So anther update. I had improved my script further so that does a few checks.
1-Ping the NAS itself,
2- Ping the router,
3- Check if local port 80(http) or 22(ssh) are responding.
If any of the checks fail, reboot the drive. The script itself works!!
Yesterday my drive went into the limbo state again, solid blue light, the IP stayed pingable(i dont know for how long)

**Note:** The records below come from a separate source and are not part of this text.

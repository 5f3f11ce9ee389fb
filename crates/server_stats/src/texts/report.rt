use crate::counts::{Account, WorkerCounts};
use crate::looks::HubCounts;

/// What is told of a server.
#[derive(Clone, Copy)]
pub struct Report<'a> {
    /// When it was added up, in milliseconds since 1970.
    pub at: u64,
    /// How many sockets of clients are open.
    pub connections: u64,
    pub others: WorkerCounts,
    pub hub: HubCounts,
    /// How many bytes the history's entries keep, about, and how often it was rotated.
    pub history_bytes: u64,
    pub rotations: u64,
    pub accounts: &'a [Account],
}
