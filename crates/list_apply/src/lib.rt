// A list of written records, taken up piece by piece, as a state by value: it says how many bytes it wants next, is fed with them, and says
// what is to be done: a flush, zeros, or the bytes just fed. The first record that can't be applied ends it. Zeros of the first record wait
// until the next record's head is known to be in order, and then a flush follows them: a list of which one of the two doesn't fit changes
// nothing.
#![tactic(auto)]

ghost use Rattle.std.specs.Prelude.{◌≡◌};
ghost use Rattle.list_apply.specs.Applying.{applying_begun, head_next, head_bytes_wanted, kept_of, piece_length, applying_wanted, idle_step, stopped_by, marked_step, input_ended, following_of, taken_up, waits_def, held_back, released, accepted_by, put_piece, in_limit, fed_record, fed_decoded, applying_fed_head, fed_bytes, applying_fed};

use arith::numbers::min_u64;
use list_read::{FLUSH, MORE, ZEROS, decode, ended, next, within};
use list_records::{HEAD_SIZE, MARK_SIZE};

// How it stands with a list: it goes on, it ended as a list does, or why it can't be applied further.
pub const GOES_ON: u8 = 0;

pub const ENDED: u8 = 1;

pub const CUT: u8 = 2; // it ended before its second flush

pub const MALFORMED: u8 = 3;

pub const BEHIND: u8 = 4; // a record behind the second flush

pub const TOO_FAR: u8 = 5; // a record that ends behind the limit, or where no file can

// What is to be done: nothing, or what a record asks for (FLUSH, ZEROS, BYTES of list_read), or all zeros of the first record and then a
// flush.
pub const NOTHING: u8 = 0;

pub const FIRST: u8 = 4;

// How it stands with the first record: it is to come, it is zeros that wait for the next head, or it is past.
const AHEAD: u8 = 0;

const HELD: u8 = 1;

const PAST: u8 = 2;

// The record in hand, counted from 1; how many flushes are past; whether its mark is here, but not all of its head; and what is left of it
// behind its head: where the next byte goes, and how many are to come. No record may end behind the limit.
#[derive(Clone, Copy)]
pub struct Applying {
    stop: u8,
    marked: bool,
    ordinal: u64,
    flushes: u8,
    kind: u8,
    at: u64,
    left: u64,
    limit: u64,
    first: u8,
}

// What is to be done, at which offset and with how many bytes, and the state behind it.
#[derive(Clone, Copy)]
pub struct Step {
    pub applying: Applying,
    pub action: u8,
    pub at: u64,
    pub len: usize,
}

// Before the first record. What is written may reach to the limit: the end of the file or device.
pub fn begin(limit: u64) -> Applying
    ensures { result ≡ applying_begun limit }
{
    Applying {
        stop: GOES_ON,
        marked: false,
        ordinal: 1,
        flushes: 0,
        kind: MORE,
        at: 0,
        left: 0,
        limit,
        first: AHEAD,
    }
}

// How it stands with the list.
pub fn stop_of(a: Applying) -> u8
    ensures { result ≡ a.stop }
{
    a.stop
}

// The record in hand.
pub fn record_of(a: Applying) -> u64
    ensures { result ≡ a.ordinal }
{
    a.ordinal
}

// The bytes of a head that are read at first, and where its mark is here.
fn head_size(marked: bool) -> usize
    ensures { result ≡ head_bytes_wanted marked }
{
    if marked {
        return HEAD_SIZE;
    }
    MARK_SIZE
}

// How many of the bytes that are wanted were fed before and are fed again: the mark, where the rest of a head is wanted.
pub fn kept_of(a: Applying) -> usize
    ensures { result ≡ kept_of a }
{
    if a.marked {
        return MARK_SIZE;
    }
    0
}

// As much of what is left of a record as a buffer of so many bytes holds.
fn piece_of(a: Applying, size: usize) -> usize
    ensures { result ≡ piece_length a size }
{
    min_u64(a.left, size as u64) as usize
}

// Whether a head is next: behind a whole record, and while the first one waits.
fn head_next(a: Applying) -> bool
    ensures { result ≡ head_next a }
{
    if a.first == HELD {
        return true;
    }
    a.left == 0
}

// How many bytes it wants, in a buffer of so many: a mark, a head, or a piece of a block.
pub fn wants(a: Applying, size: usize) -> usize
    ensures { result ≡ applying_wanted a size }
{
    if a.stop != GOES_ON {
        return 0;
    }
    if head_next(a) {
        return head_size(a.marked);
    }
    if a.kind == ZEROS {
        return 0;
    }
    piece_of(a, size)
}

// Nothing is to be done, and the state is this.
fn idle_step(a: Applying) -> Step
    ensures { result ≡ idle_step a }
{
    Step {
        applying: a,
        action: NOTHING,
        at: 0,
        len: 0,
    }
}

// It stops here.
fn stopped_by(a: Applying, stop: u8) -> Step
    ensures { result ≡ stopped_by a stop }
{
    idle_step(Applying {
        stop,
        marked: a.marked,
        ordinal: a.ordinal,
        flushes: a.flushes,
        kind: a.kind,
        at: a.at,
        left: a.left,
        limit: a.limit,
        first: a.first,
    })
}

// The mark of the next record is here, and the rest of its head is wanted.
fn marked_step(a: Applying) -> Step
    ensures { result ≡ marked_step a }
{
    idle_step(Applying {
        stop: a.stop,
        marked: true,
        ordinal: a.ordinal,
        flushes: a.flushes,
        kind: a.kind,
        at: a.at,
        left: a.left,
        limit: a.limit,
        first: a.first,
    })
}

// The input ends before a record.
fn ended_by(a: Applying) -> Step
    ensures { result ≡ input_ended a }
{
    if ended(a.flushes) == 0 {
        return stopped_by(a, ENDED);
    }
    stopped_by(a, CUT)
}

// The record in hand once so many of its bytes are left: the next one where none is. No list has so many that their count wraps.
fn following_of(ordinal: u64, left: u64) -> u64
    ensures { result ≡ following_of ordinal left }
{
    if left == 0 {
        return std::num::wrapping_add_u64(ordinal, 1);
    }
    ordinal
}

// The head of a record: its bytes or zeros follow, or a flush is to be done.
fn taken_up(a: Applying, flushes: u8, kind: u8, at: u64, len: u64) -> Step
    ensures { result ≡ taken_up a flushes kind at len }
{
    let mut s = idle_step(Applying {
        stop: GOES_ON,
        marked: false,
        ordinal: following_of(a.ordinal, len),
        flushes,
        kind,
        at,
        left: len,
        limit: a.limit,
        first: PAST,
    });
    if kind == FLUSH {
        s.action = FLUSH;
    }
    s
}

// Whether a record waits: zeros, as the first.
fn waits(first: u8, kind: u8) -> bool
    ensures { result ≡ waits_def first kind }
{
    if first == AHEAD {
        return kind == ZEROS;
    }
    false
}

// The head of a first record of zeros: nothing is done yet, and the next head is wanted.
fn held_back(a: Applying, at: u64, len: u64) -> Step
    ensures { result ≡ held_back a at len }
{
    idle_step(Applying {
        stop: GOES_ON,
        marked: false,
        ordinal: following_of(a.ordinal, 0),
        flushes: a.flushes,
        kind: ZEROS,
        at,
        left: len,
        limit: a.limit,
        first: HELD,
    })
}

// The head of the next record: the zeros that waited are done and flushed, and where it is a flush, that was it.
fn released(a: Applying, flushes: u8, kind: u8, at: u64, len: u64) -> Step
    ensures { result ≡ released a flushes kind at len }
{
    let ordinal = following_of(a.ordinal, len);
    Step {
        applying: Applying {
            stop: GOES_ON,
            marked: false,
            ordinal,
            flushes,
            kind,
            at,
            left: len,
            limit: a.limit,
            first: PAST,
        },
        action: FIRST,
        at: a.at,
        len: a.left as usize,
    }
}

// The head of a record that is in order.
fn accepted_by(a: Applying, flushes: u8, kind: u8, at: u64, len: u64) -> Step
    ensures { result ≡ accepted_by a flushes kind at len }
{
    if a.first == HELD {
        return released(a, flushes, kind, at, len);
    }
    if waits(a.first, kind) {
        return held_back(a, at, len);
    }
    taken_up(a, flushes, kind, at, len)
}

// The next piece of the record in hand, n bytes.
fn put_piece(a: Applying, n: usize) -> Step
    ensures { result ≡ put_piece a n }
{
    let left = a.left.saturating_sub(n as u64);
    Step {
        applying: Applying {
            stop: GOES_ON,
            marked: false,
            ordinal: following_of(a.ordinal, left),
            flushes: a.flushes,
            kind: a.kind,
            at: std::num::wrapping_add_u64(a.at, n as u64),
            left,
            limit: a.limit,
            first: a.first,
        },
        action: a.kind,
        at: a.at,
        len: n,
    }
}

// Whether a write of `len` bytes at the offset `at` ends no later than the limit, and where a file can.
fn in_limit(limit: u64, at: u64, len: u64) -> bool
    ensures { result ≡ in_limit limit at len }
{
    if limit < at {
        return false;
    }
    if limit - at < len {
        return false;
    }
    within(at, len)
}

// A record with this head. It is refused before anything of it is applied.
fn feed_record(a: Applying, kind: u8, at: u64, len: u64) -> Step
    ensures { result ≡ fed_record a kind at len }
{
    let passed = next(a.flushes, kind);
    if passed.number != 0 {
        return stopped_by(a, BEHIND);
    }
    if in_limit(a.limit, at, len) {
        return accepted_by(a, passed.flushes, kind, at, len);
    }
    stopped_by(a, TOO_FAR)
}

// A head, or a mark, or what the input ends with in their place.
fn feed_decoded(a: Applying, bytes: &[u8]) -> Step
    ensures { result ≡ fed_decoded a bytes.now }
{
    let d = decode(bytes, bytes.len() < head_size(a.marked));
    if d.number != 0 {
        return stopped_by(a, MALFORMED);
    }
    if d.kind == MORE {
        return marked_step(a);
    }
    feed_record(a, d.kind, d.at, d.len)
}

// The same, or the end of the input.
fn feed_head(a: Applying, bytes: &[u8]) -> Step
    ensures { result ≡ applying_fed_head a bytes.now }
{
    if a.marked {
        return feed_decoded(a, bytes);
    }
    if bytes.len() == 0 {
        return ended_by(a);
    }
    feed_decoded(a, bytes)
}

// A piece of a block. Where the input ends in it, nothing of the piece is applied.
fn feed_bytes(a: Applying, bytes: &[u8], size: usize) -> Step
    ensures { result ≡ fed_bytes a bytes.now size }
{
    let n = piece_of(a, size);
    if bytes.len() < n {
        return stopped_by(a, MALFORMED);
    }
    put_piece(a, n)
}

// Takes the bytes that were wanted, in a buffer of `size`; fewer where the input ended. What is to be done with BYTES is to write the first
// `len` of them.
pub fn feed(a: Applying, bytes: &[u8], size: usize) -> Step
    ensures { result ≡ applying_fed a bytes.now size }
{
    if a.stop != GOES_ON {
        return idle_step(a);
    }
    if head_next(a) {
        return feed_head(a, bytes);
    }
    if a.kind == ZEROS {
        return put_piece(a, piece_of(a, size));
    }
    feed_bytes(a, bytes, size)
}
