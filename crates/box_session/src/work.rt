//! A line on which scripts are worked, and what is left of them.

ghost use Rattle.std.specs.Prelude.{◌≡◌, ◌≢◌, ◌+◌, ◌<◌, ◌^◌, ◌∷◌, ◌↔◌, [], IfOk, IsTrue, length};
ghost use Rattle.line_law.specs.History.{IsLegal, opened};
ghost use Rattle.line_law.specs.Law.{MayCall};
ghost use Rattle.line_law.specs.Lines.{IsLineOf};
ghost use Rattle.line_law.specs.Serial.{calls_left};
ghost use Rattle.line_law.specs.States.{opening_state};
ghost use Rattle.serial_working.specs.Rosters.{calls_of_scripts};
ghost use Rattle.text_fetch.specs.Runs.{AreScriptsOf};
ghost use Rattle.box_session.specs.Sessions.{AreInTurn};
ghost use Rattle.box_session.specs.Works.{IsAfter, IsWorkedTo};

use line_law::{Entry, Plain};
use line_plan::Plan;
use rail_text::NoMemory;
use script_text::Script;
use serial_working::Roster;
use std::alloc::Global;

/// Whether the script of a box is empty, as that of the man's own box has to be.
pub fn has_empty_script(scripts: &[Script], box_no: usize) -> bool
    requires { box_no < length scripts.now }
    ensures { IsTrue result ↔ (calls_left (calls_of_scripts scripts.now) box_no ≡ []) }
{
    scripts[box_no].calls.is_empty()
}

/// A line, and what is left of the scripts that are worked on it.
#[derive(Drop)]
pub struct Work<'a> {
    /// The line.
    pub line: Plain,
    /// What is left of the scripts.
    pub roster: Roster<'a>,
}

/// The line of a plan as it opens, with no call made.
pub fn open_work<'a>(
    alloc: Global,
    plan: &Plan,
    scripts: &'a [Script],
) -> Result<Work<'a>, NoMemory>
    requires { AreScriptsOf plan.now scripts.now }
    ensures line { IfOk result (λ work. IsLineOf plan.now work.line) }
    ensures worked { IfOk result
        (λ work. IsWorkedTo plan.now (calls_of_scripts scripts.now) [] work.line work.roster) }
{
    let line = Plain::open(alloc, plan)?;
    match Roster::new(alloc, scripts) {
        Ok(roster) => Ok(Work { line, roster }),
        Err(_) => {
            drop(line);
            Err(NoMemory)
        }
    }
}

// An entry is worked again: its call is performed, and where it isn't of the man's own box, taken from the script.
fn work_entry(work: &mut Work<'_>, plan: &Plan, own_box: u32, entry: &Entry)
    requires line { IsLineOf plan.now work.old.line }
    requires call { MayCall plan.now work.old.line.line entry.now.box_no entry.now.call }
    requires few { work.old.line.calls < 2 ^ 32 }
    requires own { entry.now.box_no ≡ own_box → calls_left work.old.roster own_box ≡ [] }
    requires there { entry.now.box_no ≢ own_box → entry.now.box_no < length work.old.roster }
    requires left { entry.now.box_no ≢ own_box → 0 < length (calls_left work.old.roster entry.now.box_no) }
    ensures line { IsLineOf plan.now work.new.line }
    ensures after { IsAfter plan.now work.old.line work.old.roster (entry.now ∷ []) work.new.line work.new.roster }
{
    plan.meets_conditions();
    if entry.box_no != own_box {
        let _ = work.roster.take(entry.box_no as usize);
    }
    let _ = work.line.perform(plan, entry.box_no, &entry.call);
}

/// A line is worked again as far as the journal of a session of that box.
pub fn work_again<'a>(
    alloc: Global,
    plan: &Plan,
    scripts: &'a [Script],
    own_box: u32,
    journal: &[Entry],
) -> Result<Work<'a>, NoMemory>
    requires scripts { AreScriptsOf plan.now scripts.now }
    requires idle { calls_left (calls_of_scripts scripts.now) own_box ≡ [] }
    requires few { length journal.now < 2 ^ 32 }
    requires legal { IsLegal plan.now journal.now }
    requires turns { AreInTurn plan.now own_box (opening_state plan.now) (calls_of_scripts scripts.now) journal.now }
    ensures { IfOk result
        (λ work. IsWorkedTo plan.now (calls_of_scripts scripts.now) journal.now work.line work.roster) }
{
    plan.meets_conditions();
    let mut work = open_work(alloc, plan, scripts)?;
    for entry in journal {
        work_entry(&mut work, plan, own_box, entry);
    }
    Ok(work)
}
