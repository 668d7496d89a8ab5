//! Why the journal of a session is what it has to be.

ghost use Rattle.std.specs.Prelude.{◌≡◌, ◌<◌, ◌++◌, ◌∷◌, ℕ, List, [], length};
ghost use Rattle.line_plan.specs.Plans.{IsPlan, PlanFields};
ghost use Rattle.line_law.specs.declared.call.Call.{Call};
ghost use Rattle.line_law.specs.Serial.{AreCalls, AreScripts, calls_left};
ghost use Rattle.box_session.specs.Sessions.{IsSession, session_journal, with_call};

/// A law: where a man makes calls that he may make in turn from the start of the day, and the others have scripts, the
/// journal is legal, with exactly his calls in their order, and each entry stands in its turn. It grows by each of his
/// calls, and by what the others then do.
pub fn session_law()
    ensures session { (plan : PlanFields) (scripts : List (List Call)) (b : ℕ) (calls : List Call) → IsPlan plan
        → AreScripts plan scripts → b < length plan.boxes → calls_left scripts b ≡ [] → AreCalls plan b 0 calls
        → IsSession plan scripts b calls (session_journal plan scripts b calls) }
    ensures grows { (plan : PlanFields) (scripts : List (List Call)) (b : ℕ) (calls : List Call) (call : Call)
        → session_journal plan scripts b (calls ++ call ∷ [])
        ≡ with_call plan scripts b (session_journal plan scripts b calls) call }
{}
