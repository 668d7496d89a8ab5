//! The calls that a man makes in a session.

use line_law::Call;

/// The most calls that a man makes in a session.
pub const MOST_MADE: usize = 1_000_000_000;

/// A call that he made, and where it stands.
#[derive(Clone, Copy, Debug, PartialEq, Eq)]
pub struct MadeCall {
    /// What he did, and when.
    pub call: Call,
    /// Its place in the journal, from 0.
    pub place: usize,
}
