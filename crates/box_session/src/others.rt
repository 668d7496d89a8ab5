//! The boxes that go on by their scripts.

ghost use Rattle.std.specs.Prelude.{◌≡◌, ◌+◌, ◌<◌, ◌^◌, ◌++◌, ◌∷◌, [], Some, IfOk, length};
ghost use mathlib.Core.List.{IsPrefix};
ghost use Rattle.line_law.specs.Law.{MayCall, step};
ghost use Rattle.line_law.specs.Serial.{calls_left, count_left, first_free, may_go};
ghost use Rattle.box_session.specs.Others.{call_from, others_from};
ghost use Rattle.box_session.specs.Works.{IsAfter, IsGoingOn};

use crate::work::Work;
use line_law::{Call, Entry, Reply};
use line_plan::Plan;
use std::alloc::AllocError;

// Whether a box has a call left and isn't stopped.
fn may_go(work: &Work<'_>, plan: &Plan, box_no: usize) -> bool
    requires going { IsGoingOn plan.now work.now.line work.now.roster }
    requires box_no { box_no < length work.now.roster }
    ensures { result ≡ may_go plan.now work.now.line.line box_no (calls_left work.now.roster box_no) }
{
    plan.meets_conditions();
    match work.roster.next_of(box_no) {
        None => false,
        Some(call) => !work.line.answer(plan, box_no as u32, call).is_not_yet(),
    }
}

// The lowest box that has a call left and isn't stopped.
fn first_free(work: &Work<'_>, plan: &Plan) -> Option<usize>
    requires { IsGoingOn plan.now work.now.line work.now.roster }
    ensures { result ≡ first_free plan.now work.now.line.line 0 work.now.roster }
{
    for box_no in 0..work.roster.boxes() {
        if may_go(work, plan, box_no) {
            return Some(box_no);
        }
    }
    None
}

// That box makes its next call.
fn call_next(work: &mut Work<'_>, plan: &Plan, box_no: usize) -> Entry
    requires going { IsGoingOn plan.now work.old.line work.old.roster }
    requires free { first_free plan.now work.old.line.line 0 work.old.roster ≡ Some box_no }
    ensures going { IsGoingOn plan.now work.new.line work.new.roster }
    ensures after { IsAfter plan.now work.old.line work.old.roster (result ∷ []) work.new.line work.new.roster }
    ensures next { others_from plan.now work.old.line.line work.old.roster
        ≡ result ∷ others_from plan.now work.new.line.line work.new.roster }
    ensures fewer { count_left work.old.roster ≡ count_left work.new.roster + 1 }
{
    plan.meets_conditions();
    let next = work.roster.take(box_no);
    let box_no = box_no as u32;
    let reply = work.line.perform(plan, box_no, &next.call);
    Entry {
        box_no,
        call: next.call,
        reply,
    }
}

/// The boxes go on by their scripts as far as they come. Where memory runs out, only entries were added.
pub fn go_on(work: &mut Work<'_>, plan: &Plan, entries: &mut Vec<Entry>) -> Result<(), AllocError>
    requires { IsGoingOn plan.now work.old.line work.old.roster }
    ensures grows { IsPrefix entries.old.items entries.new.items }
    ensures entries { IfOk result (λ _. entries.new.items
        ≡ entries.old.items ++ others_from plan.now work.old.line.line work.old.roster) }
    ensures after { IfOk result (λ _. IsAfter plan.now work.old.line work.old.roster
        (others_from plan.now work.old.line.line work.old.roster) work.new.line work.new.roster) }
{
    while let Some(box_no) = first_free(work, plan) {
        entries.push(call_next(work, plan, box_no))?;
    }
    Ok(())
}

/// The man of a box without a script makes a call, and the others go on. Where memory runs out, only entries were
/// added.
pub fn work_call(
    work: &mut Work<'_>,
    plan: &Plan,
    box_no: u32,
    call: &Call,
    entries: &mut Vec<Entry>,
) -> Result<Reply, AllocError>
    requires going { IsGoingOn plan.now work.old.line work.old.roster }
    requires few { work.old.line.calls + count_left work.old.roster + 1 < 2 ^ 32 }
    requires call { MayCall plan.now work.old.line.line box_no call.now }
    requires own { calls_left work.old.roster box_no ≡ [] }
    ensures grows { IsPrefix entries.old.items entries.new.items }
    ensures reply { IfOk result (λ reply. reply ≡ (step plan.now work.old.line.line box_no call.now).reply) }
    ensures entries { IfOk result (λ _. entries.new.items ≡ entries.old.items
        ++ call_from plan.now work.old.line.line work.old.roster box_no call.now) }
    ensures after { IfOk result (λ _. IsAfter plan.now work.old.line work.old.roster
        (call_from plan.now work.old.line.line work.old.roster box_no call.now) work.new.line work.new.roster) }
{
    plan.meets_conditions();
    let reply = work.line.perform(plan, box_no, call);
    entries.push(Entry {
        box_no,
        call: *call,
        reply,
    })?;
    go_on(work, plan, entries)?;
    Ok(reply)
}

no ssh, no http(dashabord) etc…
I left it like that for 12 hours. During that time my script would have run few times via cron.
Eventually the drive never rebooted, so i power cycled it manually next day. Looked at the cron log and noticed that my cronjob(s) never triggered during that period. I have few scripts setup in cron but none of them ran.
So I can 100% confirm that this is an OS lever issue where the OS just crashes and the drive is not able to recover it self.
UPDATE. One thing i notice is that even though there are several cron jobs that run every day, even the WD default ones, in the “cron.log” file im missing an entire day, yesterday JUL 15. Note that my drive only crashed at about 8PM EST but there are no cron entries for all of JULY 15…
i power cycled the drive today in the morning, July 16 7:58 am EST. Could it be a NTP issue? The date/time are always good on thr drive.
ul 13 23:15:01 nas1 /USR/SBIN/CRON[23195]: (root) CMD (command -v debian-sa1 > /dev/null && debian-sa1 1 1)
Jul 13 23:20:01 nas1 /USR/SBIN/CRON[23386]: (root) CMD ( /shares/data/Drivers/scripts/wdmc_start.sh)
Jul 13 23:20:01 nas1 /USR/SBIN/CRON[23387]: (root) CMD ([! -f /tmp/standby] && /usr/local/sbin/monitorSmartStatus.sh )
Jul 13 23:20:10 nas1 /USR/SBIN/CRON[23384]: (CRON) info (No MTA installed, discarding output)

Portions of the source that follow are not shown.